Career Alzheimers (CA) is a common form of professional dementia. It worsens as it progresses, and eventually leads to career termination. Although Career Alzheimers develops differently for every individual, there are many common symptoms. Early symptoms are often mistakenly thought to be 'age-related'. In the early stages, the most common symptom is difficulty in remembering what they love about their job. When CA is suspected, the diagnosis is usually confirmed with telltale statements that rely too heavily on abstract concepts, theories, and metrics demonstrating a growing disconnection from real things and people. Some show confusion, irritability, mood swings, trouble with language, especially concerning their passion for their work. As the sufferer declines they often withdraw further and further from the day to day work, from colleagues and from the society. Gradually, these conditions worsen often leading to end of career. Since the disease is different for each individual, predicting how it will affect the person is difficult. CA develops for an unknown and variable amount of time before becoming fully apparent, and it can progress undiagnosed for years. The cause and progression of CA are not well understood. My unscientific research indicates that the disease is associated with the increasing depersonalization of the success metrics of work. Fortunately, CA is curable. Self awareness is the first step and then to seek mentoring help to confirm the disorder and treatment. Treatment is simple—take steps to humanize your work. Get out of your office. Get tactile, visceral, palpable stories about the solutions you are providing, unmet need, nuances and challenges of the execution of the work your department/team/company does. Regular doses of the humanity of your work will immediately combat CA and can keep it from reoccurring. 

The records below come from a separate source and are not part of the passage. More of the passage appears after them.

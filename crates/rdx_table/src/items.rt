// A look at a goal whose pattern is a list.
ghost use Rattle.std.specs.Prelude.{◌≡◌, ◌<◌, ◌≤◌, ◌+◌, [], ◌∷◌, ◌++◌, length, get_or, false};
ghost use Rattle.std.specs.Prelude.{IfOk, IfSome, IsTrue, OnOk};
ghost use Rattle.rdx_lang.specs.Collecting.{Arises, HasExactly};
ghost use Rattle.rdx_lang.specs.Listing.{IsListing};
ghost use Rattle.rdx_lang.specs.Order.{binding_cmp};
ghost use Rattle.rdx_lang.specs.Patterns.{seq};
ghost use Rattle.rdx_lang.specs.PatternView.{items_of};
ghost use Rattle.rdx_lang.specs.Shown.{bindings_of};
ghost use Rattle.rdx_bind.specs.Combining.{JoinsAcross};
ghost use Rattle.rdx_bind.specs.PartRows.{IsSearched, HaveSpots, found_split_rows};
ghost use Rattle.rdx_bind.specs.Parts.{AreSingles};
ghost use Rattle.rdx_bind.specs.Rows.{SpotsAcross, all_matches, split_row_of, split_rows_of};
ghost use Rattle.rdx_bind.specs.Spots.{IsPlaced, spots_of};
ghost use Rattle.rdx_nodes.specs.Asked as tasks;
ghost use Rattle.rdx_nodes.specs.Nodes.{slots_at, AreEntries};
ghost use Rattle.rdx_table.specs.Inside.Cuts.{lacks_all, part_in, IsColumnAt, IsFoundBehind};
ghost use Rattle.rdx_table.specs.Inside.Cuts.{IsGoalAt, IsNumberAt, IsPartIn, IsWithin};
ghost use Rattle.rdx_table.specs.Inside.Looks.{language_of_look, patterns_of_look, trees_of_look};
ghost use Rattle.rdx_table.specs.Inside.Looks.{aim_pattern, IsAim, IsLook, IsStop, Meets, Stops};
ghost use Rattle.rdx_table.specs.Inside.Tasks.{AreTasks, IsColumnTask};

use crate::cut::{Part, parts_of};
use crate::look::Look;
use crate::task::{Column, Goal, Stop, Task};
use rdx_bind::asks::Ask;
use rdx_bind::columns::{asked_first, empty_row};
use rdx_bind::rows::{Row, matches_across, placed, shared_bindings, shared_spots, spots_across};
use rdx_nodes::node::Entry;
use rdx_term::NoMemory;
use std::alloc::Global;

// The number of the node of the pattern of the entry at this place.
fn number_at(entries: &[Entry<'_>], i: usize) -> usize
    requires { i < length entries.now }
    ensures { IsNumberAt entries.now i result }
{
    match &entries[i] {
        Entry::One(number) => *number,
        Entry::Many(turns) => turns.number,
    }
}

// Whether the row has nothing.
fn has_nothing(row: &Row) -> bool
    ensures { result ≡ lacks_all (split_row_of row.now) }
{
    row.matches.is_empty() && row.spots.is_empty()
}

// What is asked of the entries with repetitions.
fn asked_where(splits: bool) -> Ask
    ensures { result ≡ tasks.asked_where splits }
{
    if splits { Ask::Splits } else { Ask::Matches }
}

// The row of an item as a row of the list that has it at this place.
fn placed_row(alloc: Global, row: Row, place: usize) -> Result<Row, NoMemory>
    ensures matches { IfOk result (λ found.
        bindings_of found.matches.items ≡ bindings_of row.matches.items) }
    ensures spots { IfOk result (λ found. HasExactly (spots_of found.spots.items)
        (Arises (IsPlaced place) (spots_of row.spots.items))) }
{
    let spots = placed(alloc, row.spots, place)?;
    Ok(Row {
        matches: row.matches,
        spots,
    })
}

// The first of the rows, as the only one.
fn first_row(alloc: Global, rows: &[Row]) -> Result<Row, NoMemory>
    requires { 0 < length rows.now }
    ensures { IfOk result (λ row.
        split_row_of row ≡ get_or (split_rows_of rows.now) 0 (split_row_of row)) }
{
    let matches = shared_bindings(alloc, &rows[0].matches)?;
    let spots = shared_spots(alloc, &rows[0].spots)?;
    Ok(Row { matches, spots })
}

// Adds a row.
fn push_row(rows: &mut Vec<Row>, row: Row) -> Result<(), NoMemory>
    ensures { OnOk result (rows.new.items ≡ rows.old.items ++ row ∷ []) }
{
    rows.push(row)?;
    Ok(())
}

// This task alone.
fn alone(alloc: Global, task: Task) -> Result<Vec<Task>, NoMemory>
    ensures { IfOk result (λ tasks. tasks.items ≡ task ∷ []) }
{
    let mut tasks = Vec::new(alloc);
    tasks.push(task)?;
    Ok(tasks)
}

// What comes across the rows of a list that come in three parts, as is asked.
fn across(
    alloc: Global,
    before: Vec<Row>,
    middle: Vec<Row>,
    behind: Vec<Row>,
    splits: bool,
) -> Result<Row, NoMemory>
    ensures matches { IfOk result (λ row. IsListing binding_cmp (bindings_of row.matches.items)
        (JoinsAcross (all_matches (split_rows_of before.items
        ++ (split_rows_of middle.items ++ split_rows_of behind.items))))) }
    ensures spots { IfOk result (λ row. IsTrue splits → HasExactly (spots_of row.spots.items)
        (SpotsAcross (split_rows_of before.items
        ++ (split_rows_of middle.items ++ split_rows_of behind.items)))) }
    ensures none { IfOk result (λ row. splits ≡ false → spots_of row.spots.items ≡ []) }
{
    let mut rows = before;
    let mut more = middle;
    let mut last = behind;
    rows.append(&mut more)?;
    rows.append(&mut last)?;
    let matches = matches_across(alloc, &rows)?;
    if !splits {
        let spots = Vec::new(alloc);
        return Ok(Row { matches, spots });
    }
    let spots = spots_across(alloc, &rows)?;
    Ok(Row { matches, spots })
}

impl<'s, 'a> Look<'s, 'a> {
    // The goal of the entry at this place of a part, which is one term's.
    fn goal_at(&self, part: Part<'_, 'a>, i: usize, splits: bool) -> Goal
        requires part { IsPartIn self.now part }
        requires single { AreSingles (part_in self.now part).slots (part_in self.now part).terms }
        requires place { i < length part.ids.now }
        ensures goal { IsAim self.now result }
        ensures at { IsGoalAt self.now (part_in self.now part.entry) i result }
        ensures splits { result.splits ≡ splits }
    {
        Goal {
            number: number_at(part.entries, i),
            id: part.ids[i],
            splits,
        }
    }

    // The goals of so many entries of a part, from this place on, the last one first.
    fn goals(
        &self,
        part: Part<'_, 'a>,
        first: usize,
        count: usize,
        splits: bool,
    ) -> Result<Vec<Task>, NoMemory>
        requires part { IsPartIn self.now part }
        requires single { AreSingles (part_in self.now part).slots (part_in self.now part).terms }
        requires places { first + count ≤ length part.ids.now }
        ensures tasks { IfOk result (λ found. AreTasks (language_of_look self.now)
            (patterns_of_look self.now) (trees_of_look self.now) found.items) }
        ensures number { IfOk result (λ found. length found.items ≡ count) }
    {
        let mut tasks = Vec::with_capacity(self.setting.alloc, count)?;
        for i in (0..count).rev() {
            tasks.push(Task::Goal(self.goal_at(part, first + i, splits)))?;
        }
        Ok(tasks)
    }

    // Why there is no row of the entry at this place yet: it is to be found first, and with it as
    // many behind it as there are answers.
    fn stop_at(&self, part: Part<'_, 'a>, i: usize, splits: bool) -> Stop
        requires part { IsPartIn self.now part }
        requires single { AreSingles (part_in self.now part).slots (part_in self.now part).terms }
        requires place { i < length part.ids.now }
        ensures { IsStop self.now.setting.now result }
    {
        let count = self.answers.len().max(1).min(part.ids.len() - i);
        match self.goals(part, i, count, splits) {
            Ok(tasks) => Stop::Asks(tasks),
            Err(NoMemory) => Stop::NoMemory,
        }
    }

    // The rows of entries that are one term's each. Where one doesn't match, it has to be the one
    // that is split, and of those behind it only matches are asked. `None` where an entry neither
    // matches nor splits its term.
    fn rows_of(
        &self,
        part: Part<'_, 'a>,
        splitting: &mut bool,
        next: &mut usize,
    ) -> Result<Option<Vec<Row>>, Stop>
        requires look { IsLook self.now }
        requires part { IsPartIn self.now part }
        requires place { part.place + length part.ids.now ≤ usize.MAX }
        requires single { AreSingles (part_in self.now part).slots (part_in self.now part).terms }
        ensures searched { IfOk result (λ found. IsSearched (language_of_look self.now)
            (part_in self.now part.entry) splitting.old splitting.new (found_split_rows found)) }
        ensures spots { IfOk result (λ found. IfSome found (λ rows. IsTrue splitting.new →
            HaveSpots (language_of_look self.now) (part_in self.now part.entry)
            (split_rows_of rows.items))) }
        ensures stop { Stops self.now.setting.now result }
    {
        let alloc = self.setting.alloc;
        let mut rows = Vec::new(alloc);
        for i in 0..part.ids.len() {
            let goal = self.goal_at(part, i, *splitting);
            let Some(row) = self.row(goal, next)? else {
                return Err(self.stop_at(part, i, *splitting));
            };
            if has_nothing(&row) {
                return Ok(None);
            }
            *splitting &= !row.matches.is_empty();
            let row = placed_row(alloc, row, part.place + i)?;
            push_row(&mut rows, row)?;
        }
        Ok(Some(rows))
    }

    // The column of the entries from the first repetition to the last, of which the first place is
    // asked.
    fn column_of(&self, part: Part<'_, 'a>, goal: Goal, splits: bool) -> Result<Column, NoMemory>
        requires goal { IsAim self.now goal }
        requires within { IsWithin self.now goal (part_in self.now part) }
        requires last { part.place + length part.entries.now ≤ usize.MAX }
        ensures task { IfOk result (λ column. IsColumnTask (language_of_look self.now)
            (patterns_of_look self.now) (trees_of_look self.now) column) }
        ensures part { IfOk result (λ column. IsColumnAt self.now (part_in self.now part.entry)
            (tasks.asked_where splits) column) }
    {
        let asks = asked_first(self.setting.alloc, asked_where(splits), part.ids.len())?;
        Ok(Column {
            number: goal.number,
            id: goal.id,
            first: part.place,
            last: part.place + part.entries.len(),
            place: part.place,
            asks,
        })
    }

    // The row of the entries from the first repetition to the last, whose column is asked for
    // last; no row where there are none. `None` where they neither match nor, where this is asked,
    // split their terms.
    fn middle_row(
        &self,
        part: Part<'_, 'a>,
        goal: Goal,
        splitting: bool,
    ) -> Result<Option<Vec<Row>>, Stop>
        requires look { IsLook self.now }
        requires goal { IsAim self.now goal }
        requires within { IsWithin self.now goal (part_in self.now part) }
        requires last { part.place + length part.entries.now ≤ usize.MAX }
        requires none { (part_in self.now part).slots ≡ [] → (part_in self.now part).terms ≡ [] }
        ensures found { IfOk result (λ found. IsFoundBehind (language_of_look self.now)
            (part_in self.now part.entry) splitting (found_split_rows found)) }
        ensures stop { Stops self.now.setting.now result }
    {
        let alloc = self.setting.alloc;
        let mut rows = Vec::new(alloc);
        if part.entries.is_empty() {
            return Ok(Some(rows));
        }
        let column = self.column_of(part, goal, splitting)?;
        let Some(found) = self.rows(&column, self.answers.len().saturating_sub(1)) else {
            return Err(Stop::Asks(alone(alloc, Task::Column(column))?));
        };
        let row = first_row(alloc, found)?;
        if has_nothing(&row) {
            return Ok(None);
        }
        push_row(&mut rows, row)?;
        Ok(Some(rows))
    }

    /// The row of a goal whose pattern is the list pattern of these entries.
    pub(crate) fn list(&self, entries: &[Entry<'a>], goal: Goal) -> Result<Row, Stop>
        requires look { IsLook self.now }
        requires goal { IsAim self.now goal }
        requires entries { AreEntries (patterns_of_look self.now)
            (length (patterns_of_look self.now)) entries.now }
        requires pattern { aim_pattern self.now goal
            ≡ seq (items_of (slots_at (patterns_of_look self.now) entries.now)) }
        ensures found { IfOk result (λ row. Meets self.now goal row) }
        ensures stop { Stops self.now.setting.now result }
    {
        let alloc = self.setting.alloc;
        let Some(parts) = parts_of(self.setting, entries, goal.id) else {
            return Ok(empty_row(alloc));
        };
        let mut splitting = goal.splits;
        let mut next = 0;
        let Some(before) = self.rows_of(parts.before, &mut splitting, &mut next)? else {
            return Ok(empty_row(alloc));
        };
        let Some(behind) = self.rows_of(parts.behind, &mut splitting, &mut next)? else {
            return Ok(empty_row(alloc));
        };
        let Some(middle) = self.middle_row(parts.middle, goal, splitting)? else {
            return Ok(empty_row(alloc));
        };
        Ok(across(alloc, before, middle, behind, goal.splits)?)
    }
}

I love that Warren Buffett drives his own car and talks to his shareholders and people in general. He may be elderly but he is still grounded to the basics of what makes him a success. He will never have CA!

Carve out more time to meet with the beneficiaries of your work. Make scheduled and unscheduled visits to partners, customers, offices, and even competitors. It will shift your perspective every single time. It will energize you! It will trigger a small and sometimes large reminder of the purpose of your work that too often gets boiled down to a "bottomline" that has sucked all of the humanity out of our existence. Yes, we need to measure things, but we also have to remember the measure of our purpose. 

Self diagnose. Ask people you trust. Early signs? Late stages? Re-engage or retire–and find something new to reinvigorate you. Never too late. You hold the cure.